Why are you using WordPress?
It’s a very easy platform for hosting and searching. In particular, I can upload posts directly from the python programs I use to download and process data. WordPress allows back-dating of posts, so I can time tag a tweet exactly when the tweet was posted. And the WordPress search feature makes it effortless to find all the tweets that use a common word or phrase.
Why are ads showing up here?
I’m covering all the costs for this project out of my own pocket, and would like to raise the funds needed to cover them. I’ve placed ads along the side and bottom of the site using Google’s AdSense to help raise that money. Any revenue on top of those costs will be donated evenly on a regular basis to the following:
- The American Civil Liberties Union.
- Planned Parenthood.
- The Southern Poverty Law Center.
- The Natural Resources Defense Council.
As this site just started up, it will take a while before I can start making donations, but rest assured, I will report the dates and amounts here, as they happen.
Who are you?
I’m a scientist turned data scientist. I’ve been doing professional research for over 20 years, and have an extensive CV of peer-reviews publications, presentations, and research grants (just to establish some bona fides). Like any good scientist, once I started thinking about the question of author identification in Mr. Trump’s tweets, I couldn’t let it go. This website is the result of that intrigue and investigation.
Can I contact you?
Absolutely. Please email didtrumptweetit (at) gmail.com. If you use these data for any research or media purposes, please send me a link to what you did so I can include it in the media page. Plus, I love seeing what people do with this.

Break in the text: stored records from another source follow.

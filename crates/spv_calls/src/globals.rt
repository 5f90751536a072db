ghost use Rattle.std.specs.Prelude.{◌≡◌};
ghost use Rattle.std.specs.List.{position_or_len};
ghost use Rattle.spv_module.specs.Code.{is_function as function_begins};
ghost use Rattle.spv_module.specs.View.{seen};

use spv_module::{InstList, View};
use spv_opcodes::op;
use spv_typing::Kinds;
use std::marker::Model;

/// Which ids are global variables.
#[derive(Debug, Drop)]
pub struct Globals<'a> {
    kinds: &'a Kinds<'a>,
    /// How many instructions stand before the first function.
    outside: usize,
}

impl<'a> Model for Globals<'a> {
    ghost use Rattle.std.specs.Prelude.{◌≡◌, List};
    ghost use Rattle.std.specs.List.{position_or_len};
    ghost use Rattle.spv_module.specs.Code.{is_function};
    ghost use Rattle.spv_module.specs.Instruction.{Instruction};

    ghost Value = { List Instruction };

    ghost view = { λ globals. globals.kinds.now };

    ghost invariant = { λ globals. globals.outside ≡ position_or_len is_function globals.kinds.now };
}

/// Whether the instruction begins a function.
pub fn is_function(inst: &View) -> bool
    ensures { result ≡ function_begins (seen inst.now) }
{
    inst.opcode() == op::FUNCTION
}

/// How many instructions stand before the first function.
fn count_outside(insts: &InstList) -> usize
    ensures { result ≡ position_or_len function_begins insts.now }
{
    'instructions: for k in 0..insts.count() {
        if is_function(&insts.at(k)) {
            return k;
        }
    }
    insts.count()
}

impl<'a> Globals<'a> {
    ghost use Rattle.std.specs.Prelude.{◌<◌, length, slice_get, Some};
    ghost use Rattle.spv_ids.specs.Ids.{kind, place_of};
    ghost use Rattle.spv_typing.specs.Kinds.{is_outside as stands_outside};
    ghost use Rattle.spv_calls.specs.Calls.{is_global, callee as callee_in};

    /// The global variables of a module.
    pub fn of(kinds: &'a Kinds<'a>) -> Globals<'a>
        ensures { result ≡ kinds.now }
    {
        Globals {
            kinds,
            outside: count_outside(kinds.definitions().insts()),
        }
    }

    /// What all ids stand for.
    pub fn kinds(&self) -> &'a Kinds<'a>
        ensures { result.now ≡ self.now }
    {
        self.kinds
    }

    /// The module's instructions.
    pub fn insts(&self) -> &'a InstList
        ensures { result.now ≡ self.now }
    {
        self.kinds.definitions().insts()
    }

    /// Whether the id is defined before the first function.
    fn is_outside(&self, id: u32) -> bool
        ensures { result ≡ stands_outside self.now id }
    {
        match self.kinds.definitions().place(id) {
            Some(place) => (place as usize) < self.outside,
            None => false,
        }
    }

    /// Whether the id is a global variable.
    pub fn has(&self, id: u32) -> bool
        ensures { result ≡ is_global self.now id }
    {
        self.kinds.definitions().kind(id) == op::VARIABLE && self.is_outside(id)
    }

    /// The place of the first instruction that defines an id.
    pub fn place(&self, id: u32) -> Option<usize>
        ensures { result ≡ place_of self.now id }
    {
        match self.kinds.definitions().place(id) {
            Some(place) => Some(place as usize),
            None => None,
        }
    }

    /// The place of the function that an instruction calls. None where it calls none.
    pub fn callee(&self, inst: &View) -> Option<usize>
        ensures { result ≡ callee_in self.now (seen inst.now) }
    {
        if inst.opcode() != op::FUNCTION_CALL {
            return None;
        }
        let function = spv_ids::word(inst, 3);
        if self.kinds.definitions().kind(function) != op::FUNCTION {
            return None;
        }
        self.place(function)
    }
}
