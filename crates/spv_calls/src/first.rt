ghost use Rattle.std.specs.Prelude.{◌≡◌, IfOk, OnOk, Some, length, slice_get};
ghost use Rattle.spv_module.specs.First.{first, least};
ghost use Rattle.spv_module.specs.View.{seen};
ghost use Rattle.spv_calls.specs.Broken.{Tests, AreTests, Rises, rules_at, group_6};
ghost use Rattle.spv_calls.specs.Kept.{IsFresh};

use crate::calls::Calls;
use crate::rule;
use crate::search::Search;
use spv_base::Refusal;
use spv_entries::Entries;
use spv_module::{NoMemory, View};
use std::alloc::Global;

/// The least rule that the k-th instruction breaks.
fn broken_rule(
    alloc: Global,
    calls: &Calls,
    entries: &Entries,
    search: &mut Search,
    k: usize,
    inst: &View,
) -> Result<Option<u16>, NoMemory>
    requires same { entries.now ≡ calls.now }
    requires at { slice_get calls.now k ≡ Some (seen inst.now) }
    requires fresh { IsFresh (length calls.now) search.old }
    ensures fresh { OnOk result (IsFresh (length calls.now) search.new) }
    ensures rule { IfOk result (λ rule. (tests : Tests) → AreTests calls.now tests → rule ≡ least (rules_at tests calls.now k (seen inst.now))) }
{
    if !calls.calls_fit(alloc, k, inst)? {
        return Ok(Some(rule::CALL_CYCLE));
    }
    if !calls.interface_fits(alloc, search, inst)? {
        return Ok(Some(rule::INTERFACE));
    }
    Ok(entries.broken_rule(k, inst))
}

/// The first rule from 601 to 606 that a module breaks, at the first word of the instruction that breaks it, in words
/// from the module's start. The places of the instructions rise from 5 on.
pub fn first_broken(
    alloc: Global,
    calls: &Calls,
    entries: &Entries,
) -> Result<Option<Refusal>, NoMemory>
    requires same { entries.now ≡ calls.now }
    requires rises { Rises calls.now }
    ensures { IfOk result (λ broken. (tests : Tests) → AreTests calls.now tests → broken ≡ first (group_6 tests calls.now)) }
{
    let insts = calls.insts();
    let mut search = calls.search(alloc)?;
    'instructions: for k in 0..insts.count() {
        let inst = insts.at(k);
        match broken_rule(alloc, calls, entries, &mut search, k, &inst)? {
            Some(rule) => {
                return Ok(Some(Refusal {
                    rule,
                    at: inst.offset,
                }));
            }
            None => {}
        }
    }
    Ok(None)
}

NOTICE: Any use of this database must be properly acknowledged, e.g. by referencing the website URL.
This database has been built with open-source software, obtained and used via the Apache-2.0 and MIT licensing agreements. All twitter data was obtained according to the Twitter Developer Agreement. All analyses presented in this website, and methods used or created to present these media, are licensed as follows.
Copyright 2017 DidTrumpTweetIt.com
Licensed under the Apache License, Version 2.0 (the “License”); you may not use this file except in compliance with the License. You may obtain a copy of the License at
Unless required by applicable law or agreed to in writing, software distributed under the License is distributed on an “AS IS” BASIS, WITHOUT WARRANTIES OR CONDITIONS OF ANY KIND, either express or implied. See the License for the specific language governing permissions and limitations under the License.